Problem details
The answer should be an exact repeat of the stretch of material below from the line containing "the blank one." through the line containing "u8) -> Option<&Tile>".

Material for this exercise
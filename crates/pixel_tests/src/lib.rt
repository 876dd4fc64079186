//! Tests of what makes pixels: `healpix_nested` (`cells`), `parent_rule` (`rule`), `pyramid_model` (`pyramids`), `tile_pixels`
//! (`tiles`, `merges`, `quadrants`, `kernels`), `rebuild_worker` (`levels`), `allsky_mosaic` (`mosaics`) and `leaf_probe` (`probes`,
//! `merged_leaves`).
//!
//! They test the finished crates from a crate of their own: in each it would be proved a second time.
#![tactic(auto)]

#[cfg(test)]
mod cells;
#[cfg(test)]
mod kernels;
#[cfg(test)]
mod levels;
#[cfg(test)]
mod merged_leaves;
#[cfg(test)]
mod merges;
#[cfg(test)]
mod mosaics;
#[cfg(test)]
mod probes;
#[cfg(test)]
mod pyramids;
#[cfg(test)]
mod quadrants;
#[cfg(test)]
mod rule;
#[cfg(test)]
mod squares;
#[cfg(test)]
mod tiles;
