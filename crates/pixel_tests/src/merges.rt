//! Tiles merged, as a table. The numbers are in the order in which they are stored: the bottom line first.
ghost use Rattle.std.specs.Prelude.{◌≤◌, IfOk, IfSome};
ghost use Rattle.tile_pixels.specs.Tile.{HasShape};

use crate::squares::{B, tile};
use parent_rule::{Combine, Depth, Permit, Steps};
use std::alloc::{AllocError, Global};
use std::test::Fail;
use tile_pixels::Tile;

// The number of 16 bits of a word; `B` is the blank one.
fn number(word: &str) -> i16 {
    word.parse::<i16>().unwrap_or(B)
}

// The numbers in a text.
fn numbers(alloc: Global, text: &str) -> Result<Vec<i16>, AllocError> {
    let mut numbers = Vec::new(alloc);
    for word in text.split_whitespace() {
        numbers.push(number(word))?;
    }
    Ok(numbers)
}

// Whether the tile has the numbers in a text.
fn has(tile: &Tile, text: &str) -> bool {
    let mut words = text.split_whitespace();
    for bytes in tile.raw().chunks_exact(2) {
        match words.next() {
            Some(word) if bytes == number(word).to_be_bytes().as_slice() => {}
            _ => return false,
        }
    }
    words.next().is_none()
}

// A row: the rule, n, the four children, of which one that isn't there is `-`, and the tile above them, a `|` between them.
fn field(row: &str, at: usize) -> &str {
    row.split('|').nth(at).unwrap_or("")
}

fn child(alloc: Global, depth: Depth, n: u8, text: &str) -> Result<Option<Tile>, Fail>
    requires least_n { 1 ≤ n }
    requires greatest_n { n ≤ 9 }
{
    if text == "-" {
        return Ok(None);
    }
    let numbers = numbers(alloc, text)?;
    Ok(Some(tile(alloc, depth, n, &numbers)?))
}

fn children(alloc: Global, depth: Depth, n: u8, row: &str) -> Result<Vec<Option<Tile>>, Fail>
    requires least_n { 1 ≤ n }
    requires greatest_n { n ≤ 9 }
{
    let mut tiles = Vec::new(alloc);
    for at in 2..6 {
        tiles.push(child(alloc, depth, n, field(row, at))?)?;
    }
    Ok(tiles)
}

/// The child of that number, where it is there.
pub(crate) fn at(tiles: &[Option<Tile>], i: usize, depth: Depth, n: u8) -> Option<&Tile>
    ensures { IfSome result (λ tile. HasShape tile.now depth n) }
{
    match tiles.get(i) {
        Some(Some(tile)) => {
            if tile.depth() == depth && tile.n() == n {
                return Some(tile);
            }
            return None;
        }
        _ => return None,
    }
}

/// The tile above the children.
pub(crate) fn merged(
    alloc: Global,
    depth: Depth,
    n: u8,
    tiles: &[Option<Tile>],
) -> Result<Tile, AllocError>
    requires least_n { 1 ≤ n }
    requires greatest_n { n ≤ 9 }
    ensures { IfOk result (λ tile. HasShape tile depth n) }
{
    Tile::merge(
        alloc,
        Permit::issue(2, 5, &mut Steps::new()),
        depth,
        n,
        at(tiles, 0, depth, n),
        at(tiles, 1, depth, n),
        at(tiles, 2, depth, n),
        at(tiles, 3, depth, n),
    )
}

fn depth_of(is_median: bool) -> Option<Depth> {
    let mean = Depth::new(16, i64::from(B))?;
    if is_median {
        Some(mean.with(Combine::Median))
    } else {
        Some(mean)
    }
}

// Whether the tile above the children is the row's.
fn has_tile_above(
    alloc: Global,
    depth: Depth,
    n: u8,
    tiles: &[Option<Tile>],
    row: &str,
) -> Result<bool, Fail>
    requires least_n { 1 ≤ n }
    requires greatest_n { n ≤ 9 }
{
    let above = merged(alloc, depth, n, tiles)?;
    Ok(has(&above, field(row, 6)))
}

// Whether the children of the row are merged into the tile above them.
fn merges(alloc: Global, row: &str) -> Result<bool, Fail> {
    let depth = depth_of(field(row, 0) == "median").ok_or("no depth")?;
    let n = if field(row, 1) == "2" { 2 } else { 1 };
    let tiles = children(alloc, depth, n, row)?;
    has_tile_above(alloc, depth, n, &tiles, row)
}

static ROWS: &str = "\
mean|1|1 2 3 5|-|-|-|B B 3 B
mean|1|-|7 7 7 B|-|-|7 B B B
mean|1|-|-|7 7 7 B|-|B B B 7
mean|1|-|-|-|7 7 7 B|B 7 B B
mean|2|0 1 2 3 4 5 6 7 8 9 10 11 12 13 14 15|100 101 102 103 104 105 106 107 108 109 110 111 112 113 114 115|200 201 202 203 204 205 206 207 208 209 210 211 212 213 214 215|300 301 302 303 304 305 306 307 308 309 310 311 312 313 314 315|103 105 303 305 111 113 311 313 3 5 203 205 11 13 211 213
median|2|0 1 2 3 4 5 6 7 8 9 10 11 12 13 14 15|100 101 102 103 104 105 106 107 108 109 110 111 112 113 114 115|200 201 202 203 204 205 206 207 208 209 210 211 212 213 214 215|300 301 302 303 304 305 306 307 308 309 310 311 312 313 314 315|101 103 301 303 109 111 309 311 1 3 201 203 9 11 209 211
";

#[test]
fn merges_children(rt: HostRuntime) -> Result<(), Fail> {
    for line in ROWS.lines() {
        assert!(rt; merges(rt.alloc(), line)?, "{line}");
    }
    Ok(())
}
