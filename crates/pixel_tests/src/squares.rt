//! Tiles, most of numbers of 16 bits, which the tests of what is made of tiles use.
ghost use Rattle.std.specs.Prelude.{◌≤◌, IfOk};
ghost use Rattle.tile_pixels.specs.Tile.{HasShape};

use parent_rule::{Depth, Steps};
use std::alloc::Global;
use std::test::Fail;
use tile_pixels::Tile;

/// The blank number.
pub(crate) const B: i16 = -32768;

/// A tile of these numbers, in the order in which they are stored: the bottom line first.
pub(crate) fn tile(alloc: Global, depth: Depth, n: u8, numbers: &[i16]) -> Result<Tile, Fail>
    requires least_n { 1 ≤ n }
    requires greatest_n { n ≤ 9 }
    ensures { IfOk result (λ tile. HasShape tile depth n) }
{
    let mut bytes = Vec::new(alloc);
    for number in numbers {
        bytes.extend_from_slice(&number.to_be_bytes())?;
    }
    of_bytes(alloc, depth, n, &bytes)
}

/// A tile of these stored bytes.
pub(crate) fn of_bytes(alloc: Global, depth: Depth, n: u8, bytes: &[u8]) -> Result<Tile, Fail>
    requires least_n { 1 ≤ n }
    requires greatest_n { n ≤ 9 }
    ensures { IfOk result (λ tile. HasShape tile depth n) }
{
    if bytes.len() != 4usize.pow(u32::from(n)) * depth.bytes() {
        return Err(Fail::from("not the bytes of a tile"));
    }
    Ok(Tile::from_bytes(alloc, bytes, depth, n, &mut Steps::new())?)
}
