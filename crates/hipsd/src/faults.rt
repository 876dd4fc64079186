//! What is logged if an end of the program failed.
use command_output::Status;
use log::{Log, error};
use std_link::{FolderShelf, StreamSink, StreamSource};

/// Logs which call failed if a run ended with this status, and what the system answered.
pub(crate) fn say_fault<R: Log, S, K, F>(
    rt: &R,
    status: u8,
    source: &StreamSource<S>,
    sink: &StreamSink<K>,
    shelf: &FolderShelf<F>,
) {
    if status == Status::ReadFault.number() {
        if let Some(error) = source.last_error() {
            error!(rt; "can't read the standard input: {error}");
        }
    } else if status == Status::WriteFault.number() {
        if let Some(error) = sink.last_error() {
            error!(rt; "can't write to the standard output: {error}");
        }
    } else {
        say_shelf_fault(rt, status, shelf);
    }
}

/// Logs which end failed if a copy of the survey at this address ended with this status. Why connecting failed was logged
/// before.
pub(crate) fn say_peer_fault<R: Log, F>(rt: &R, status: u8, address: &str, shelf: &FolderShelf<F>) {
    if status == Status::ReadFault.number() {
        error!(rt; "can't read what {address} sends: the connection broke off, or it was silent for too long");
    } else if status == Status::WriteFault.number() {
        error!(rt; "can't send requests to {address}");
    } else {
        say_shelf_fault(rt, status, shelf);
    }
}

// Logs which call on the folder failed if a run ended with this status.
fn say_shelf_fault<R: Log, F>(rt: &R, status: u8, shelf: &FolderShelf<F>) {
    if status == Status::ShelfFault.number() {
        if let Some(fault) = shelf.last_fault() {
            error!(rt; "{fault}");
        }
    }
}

Response box
// The number of 16 bits of a word; `B` is the blank one.
fn number(word: &str) -> i16 {
    word.parse::<i16>().unwrap_or(B)
}

// The numbers in a text.
fn numbers(alloc: Global, text: &str) -> Result<Vec<i16>, AllocError> {
    let mut numbers = Vec::new(alloc);
    for word in text.split_whitespace() {
        numbers.push(number(word))?;
    }
    Ok(numbers)
}

// Whether the tile has the numbers in a text.
fn has(tile: &Tile, text: &str) -> bool {
    let mut words = text.split_whitespace();
    for bytes in tile.raw().chunks_exact(2) {
        match words.next() {
            Some(word) if bytes == number(word).to_be_bytes().as_slice() => {}
            _ => return false,
        }
    }
    words.next().is_none()
}

// A row: the rule, n, the four children, of which one that isn't there is `-`, and the tile above them, a `|` between them.
fn field(row: &str, at: usize) -> &str {
    row.split('|').nth(at).unwrap_or("")
}

fn child(alloc: Global, depth: Depth, n: u8, text: &str) -> Result<Option<Tile>, Fail>
    requires least_n { 1 ≤ n }
    requires greatest_n { n ≤ 9 }
{
    if text == "-" {
        return Ok(None);
    }
    let numbers = numbers(alloc, text)?;
    Ok(Some(tile(alloc, depth, n, &numbers)?))
}

fn children(alloc: Global, depth: Depth, n: u8, row: &str) -> Result<Vec<Option<Tile>>, Fail>
    requires least_n { 1 ≤ n }
    requires greatest_n { n ≤ 9 }
{
    let mut tiles = Vec::new(alloc);
    for at in 2..6 {
        tiles.push(child(alloc, depth, n, field(row, at))?)?;
    }
    Ok(tiles)
}

/// The child of that number, where it is there.
pub(crate) fn at(tiles: &[Option<Tile>], i: usize, depth: Depth, n: u8) -> Option<&Tile>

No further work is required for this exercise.